Reading contract data entries

You can read contract data entries from the ledger using the following EnvClient methods:

/// Returns the instance object of a certain contract from
/// the host's ledger.
pub fn read_contract_instance(&self, contract: [u8; 32]) -> Result<Option<ContractDataEntry>, SdkError> {}

/// Returns the requested entry object of a certain contract 
/// from the host's ledger.
pub fn read_contract_entry_by_key(&self, contract: [u8; 32], key: ScVal) -> Result<Option<ContractDataEntry>, SdkError> {}

/// Returns all the entry objects of a certain contract 
/// from the host's ledger.
pub fn read_contract_entries(&self, contract: [u8; 32]) -> Result<Vec<ContractDataEntry>, SdkError> {}

/// Returns all the entry objects of a certain contract from the host's
/// ledger. This function returns an iterator over Soroban host objects,
/// and should be used along with the Soroban SDK. Use this function 
/// where you prefer to work with host objects rather than ScVals.
pub fn read_contract_entries_to_env(&self, env: &soroban_sdk::Env, contract: [u8; 32]) -> Result<Map<Val, Val>, SdkError> {}

These functions are quite straightforward and are a good tool for Zephyr ingestion programs to fetch directly from the ledger's state, but are even more important when it comes to serverless functions that grant powerful on-request access to the ledger.

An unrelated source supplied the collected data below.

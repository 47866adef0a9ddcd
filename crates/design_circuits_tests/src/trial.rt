//! A plain trial: the simulator, with each choice of values in turn.

ghost use Rattle.std.specs.Prelude.{All, IsTrue};
ghost use Rattle.design_core.specs.TraceFits.{IsTraceOf};

use crate::asked::Asked;
use crate::build::word;
use cycle_sim::{Sim, can_simulate, replay};
use design_core::{Design, Trace, Values};
use design_fits::is_trace_of;
use loc_base::Bits;
use parallel_replay::are_values_for;
use std::alloc::Global;
use std::test::Fail;

/// Whether traces are of a design.
#[tactic(auto, using(crate::proofs::Lists::list_rules))]
fn are_traces_of(design: &Design, traces: &[Trace]) -> bool
    ensures { IsTrue result → All (IsTraceOf design.now) traces.now }
{
    match traces.split_first() {
        Some((first, rest)) => is_trace_of(design, first) && are_traces_of(design, rest),
        None => true,
    }
}

/// Whether each trace is right with the values.
pub(super) fn is_right(alloc: Global, asked: &Asked, values: &Values) -> Result<bool, Fail> {
    let design = &asked.ready.design;
    if !can_simulate(design, &asked.ready.order) || design.outputs.len() > 1000 {
        return Err(Fail::new("the design does not fit"));
    }
    if asked.traces.len() > 1000 || !are_traces_of(design, &asked.traces) {
        return Err(Fail::new("the traces do not fit"));
    }
    if !are_values_for(design, &asked.traces, values) {
        return Err(Fail::new("the values do not fit"));
    }
    let mut sim = Sim::new(alloc, design, &asked.ready.order)?;
    Ok(replay(&mut sim, &asked.traces, values).is_none())
}

/// The places of members.
fn places_of(alloc: Global, asked: &Asked, members: &[u32]) -> Result<Vec<u32>, Fail> {
    let mut places = Vec::new(alloc);
    for member in members {
        let Some(group) = asked.groups.get((*member as usize).wrapping_sub(1)) else {
            return Err(Fail::new("no such member"));
        };
        for place in group.places.as_slice() {
            places.push(*place)?;
        }
    }
    Ok(places)
}

/// The width of each place.
fn widths_of(alloc: Global, design: &Design, places: &[u32]) -> Result<Vec<u8>, Fail> {
    let mut widths = Vec::new(alloc);
    for place in places {
        match design.places.get(*place as usize) {
            Some(place) => widths.push(place.width)?,
            None => return Err(Fail::new("no such place")),
        }
    }
    Ok(widths)
}

/// The low bits of a number as a word, and the others.
fn cut(number: u128, width: u8) -> Result<(Bits, u128), Fail> {
    if width < 1 || width > 8 {
        return Err(Fail::new("too wide"));
    }
    let low = number & (255 >> (8 - width));
    Ok((word(width, low)?, number >> width))
}

/// The rows of a number, whose bits are those of the words one after another.
fn rows_of(alloc: Global, widths: &[u8], cycles: u32, number: u128) -> Result<Vec<Bits>, Fail> {
    let mut rows = Vec::new(alloc);
    let mut left = number;
    for _cycle in 0..cycles {
        for width in widths {
            let (word, rest) = cut(left, *width)?;
            rows.push(word)?;
            left = rest;
        }
    }
    Ok(rows)
}

/// The number of cycles of some traces.
fn cycles_of(traces: &[Trace]) -> u32 {
    let mut cycles: u32 = 0;
    for trace in traces {
        cycles = cycles.saturating_add(trace.cycles);
    }
    cycles
}

/// How many choices there are for words of these widths in each of some cycles: at most 4,096.
fn choices(widths: &[u8], cycles: u32) -> Result<u128, Fail> {
    let mut bits: u32 = 0;
    for width in widths {
        bits = bits.saturating_add(u32::from(*width).saturating_mul(cycles));
    }
    if bits > 12 {
        return Err(Fail::new("too many choices"));
    }
    Ok(1 << bits)
}

/// Whether some values of the members' places make each trace right.
pub(super) fn works(alloc: Global, asked: &Asked, members: &[u32]) -> Result<bool, Fail> {
    let places = places_of(alloc, asked, members)?;
    let widths = widths_of(alloc, &asked.ready.design, &places)?;
    let cycles = cycles_of(&asked.traces);
    for number in 0..choices(&widths, cycles)? {
        let values = Values {
            places: places.to_vec(alloc)?,
            rows: rows_of(alloc, &widths, cycles, number)?,
        };
        if is_right(alloc, asked, &values)? {
            return Ok(true);
        }
    }
    Ok(false)
}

Understanding return types

Being the requested data taken directly from the ledger, the returned contract data entries will be ScVals. Learn more on how to deal with returned ScVals in the examples.

Examples

read_contract_entries()

In this example taken from the Blend dashboard repository, we can see how to access the key of a specific entry (Contracts) for this factory contract, and then push the resulting addresses in a vector. The entry.key object is and ScVal, while the resulting objects inside the vector have been converted to Address environment objects.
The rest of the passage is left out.